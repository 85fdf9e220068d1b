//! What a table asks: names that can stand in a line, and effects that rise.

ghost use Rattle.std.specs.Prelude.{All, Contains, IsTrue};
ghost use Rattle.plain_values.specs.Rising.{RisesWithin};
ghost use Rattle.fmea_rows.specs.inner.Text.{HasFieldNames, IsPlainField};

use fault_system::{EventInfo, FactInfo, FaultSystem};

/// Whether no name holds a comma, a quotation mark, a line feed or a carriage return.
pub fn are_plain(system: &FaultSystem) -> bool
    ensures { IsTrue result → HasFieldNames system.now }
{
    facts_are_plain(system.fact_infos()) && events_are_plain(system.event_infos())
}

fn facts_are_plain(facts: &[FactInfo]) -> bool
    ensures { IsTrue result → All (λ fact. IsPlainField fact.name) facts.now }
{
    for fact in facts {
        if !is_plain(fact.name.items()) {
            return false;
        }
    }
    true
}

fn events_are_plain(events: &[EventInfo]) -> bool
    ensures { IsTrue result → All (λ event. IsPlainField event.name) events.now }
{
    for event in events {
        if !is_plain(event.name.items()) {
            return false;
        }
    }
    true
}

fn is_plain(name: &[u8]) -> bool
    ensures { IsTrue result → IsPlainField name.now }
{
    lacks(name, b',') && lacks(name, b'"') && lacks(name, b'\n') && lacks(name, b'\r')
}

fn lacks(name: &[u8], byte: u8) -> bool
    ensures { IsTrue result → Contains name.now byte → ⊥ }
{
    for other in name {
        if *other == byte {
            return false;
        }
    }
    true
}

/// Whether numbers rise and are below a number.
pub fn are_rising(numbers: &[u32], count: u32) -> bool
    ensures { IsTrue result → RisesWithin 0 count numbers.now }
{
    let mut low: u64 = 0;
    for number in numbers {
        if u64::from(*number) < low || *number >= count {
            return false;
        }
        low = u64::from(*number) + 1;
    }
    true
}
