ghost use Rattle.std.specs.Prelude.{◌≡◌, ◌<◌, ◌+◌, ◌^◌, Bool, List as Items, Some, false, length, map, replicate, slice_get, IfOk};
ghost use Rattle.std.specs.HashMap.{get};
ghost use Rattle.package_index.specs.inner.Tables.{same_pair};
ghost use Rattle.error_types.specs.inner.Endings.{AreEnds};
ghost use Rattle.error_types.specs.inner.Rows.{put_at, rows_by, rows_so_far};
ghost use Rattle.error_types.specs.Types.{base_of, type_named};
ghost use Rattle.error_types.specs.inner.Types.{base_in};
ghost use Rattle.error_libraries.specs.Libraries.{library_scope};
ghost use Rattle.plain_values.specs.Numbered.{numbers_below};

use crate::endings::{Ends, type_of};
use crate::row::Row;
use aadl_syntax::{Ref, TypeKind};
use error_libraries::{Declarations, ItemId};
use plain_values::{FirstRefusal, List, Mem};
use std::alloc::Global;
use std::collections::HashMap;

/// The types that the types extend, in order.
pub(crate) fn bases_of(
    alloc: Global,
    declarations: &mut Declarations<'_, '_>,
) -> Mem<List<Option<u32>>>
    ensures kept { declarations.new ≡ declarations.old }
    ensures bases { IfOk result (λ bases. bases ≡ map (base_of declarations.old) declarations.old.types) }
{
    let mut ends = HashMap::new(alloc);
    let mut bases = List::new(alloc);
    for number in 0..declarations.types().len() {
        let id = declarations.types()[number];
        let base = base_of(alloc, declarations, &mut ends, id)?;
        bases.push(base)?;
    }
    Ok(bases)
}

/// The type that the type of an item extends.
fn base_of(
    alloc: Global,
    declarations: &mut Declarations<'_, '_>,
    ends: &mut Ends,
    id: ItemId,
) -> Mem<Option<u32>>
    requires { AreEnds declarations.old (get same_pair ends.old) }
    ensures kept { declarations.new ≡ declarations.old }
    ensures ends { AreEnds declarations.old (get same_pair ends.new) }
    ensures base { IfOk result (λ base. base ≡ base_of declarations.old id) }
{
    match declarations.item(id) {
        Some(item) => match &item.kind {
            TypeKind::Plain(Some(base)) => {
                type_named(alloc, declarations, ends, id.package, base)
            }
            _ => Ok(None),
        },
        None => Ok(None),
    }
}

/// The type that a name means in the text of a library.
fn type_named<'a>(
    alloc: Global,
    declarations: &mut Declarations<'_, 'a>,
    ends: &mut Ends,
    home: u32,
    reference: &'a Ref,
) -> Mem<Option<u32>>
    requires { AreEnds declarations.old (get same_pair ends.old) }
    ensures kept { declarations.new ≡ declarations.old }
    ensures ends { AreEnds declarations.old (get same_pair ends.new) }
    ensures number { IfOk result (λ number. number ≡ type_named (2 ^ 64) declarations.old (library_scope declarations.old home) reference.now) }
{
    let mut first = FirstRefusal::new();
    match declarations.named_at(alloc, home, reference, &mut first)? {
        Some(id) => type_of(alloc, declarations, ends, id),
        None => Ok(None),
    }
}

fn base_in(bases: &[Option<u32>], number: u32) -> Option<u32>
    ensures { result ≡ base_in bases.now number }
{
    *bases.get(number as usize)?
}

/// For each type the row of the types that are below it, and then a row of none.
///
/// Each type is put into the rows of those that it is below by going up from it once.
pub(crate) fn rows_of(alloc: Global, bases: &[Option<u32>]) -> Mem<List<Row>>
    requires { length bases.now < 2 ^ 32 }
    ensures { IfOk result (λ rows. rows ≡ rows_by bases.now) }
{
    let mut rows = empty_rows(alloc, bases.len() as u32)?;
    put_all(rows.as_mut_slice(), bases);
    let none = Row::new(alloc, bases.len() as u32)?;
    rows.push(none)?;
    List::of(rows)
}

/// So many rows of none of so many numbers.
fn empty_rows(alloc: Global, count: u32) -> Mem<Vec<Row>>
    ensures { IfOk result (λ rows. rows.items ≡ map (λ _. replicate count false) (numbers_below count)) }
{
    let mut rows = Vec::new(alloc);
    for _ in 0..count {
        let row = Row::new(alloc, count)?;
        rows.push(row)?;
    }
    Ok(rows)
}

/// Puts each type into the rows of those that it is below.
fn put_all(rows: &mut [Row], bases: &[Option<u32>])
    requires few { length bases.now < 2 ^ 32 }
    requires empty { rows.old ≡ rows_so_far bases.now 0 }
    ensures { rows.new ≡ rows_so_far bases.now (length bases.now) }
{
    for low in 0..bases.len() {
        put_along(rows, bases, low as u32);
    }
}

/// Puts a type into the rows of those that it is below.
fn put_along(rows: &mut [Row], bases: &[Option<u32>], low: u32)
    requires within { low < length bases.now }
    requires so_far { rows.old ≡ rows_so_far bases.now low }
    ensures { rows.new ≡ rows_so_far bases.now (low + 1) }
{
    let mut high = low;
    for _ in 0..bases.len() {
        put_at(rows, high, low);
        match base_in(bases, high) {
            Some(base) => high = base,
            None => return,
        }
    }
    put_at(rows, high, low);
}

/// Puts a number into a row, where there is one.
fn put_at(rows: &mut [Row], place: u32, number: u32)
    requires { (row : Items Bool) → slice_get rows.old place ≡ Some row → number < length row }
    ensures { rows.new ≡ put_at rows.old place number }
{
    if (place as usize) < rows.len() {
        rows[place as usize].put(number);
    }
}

* _TASK TO CARRY OUT_
Each line above that has the word "place" must be copied.

* _RESPONSE_
fn put_at(rows: &mut [Row], place: u32, number: u32)
    requires { (row : Items Bool) → slice_get rows.old place ≡ Some row → number < length row }
    ensures { rows.new ≡ put_at rows.old place number }
    if (place as usize) < rows.len() {
        rows[place as usize].put(number);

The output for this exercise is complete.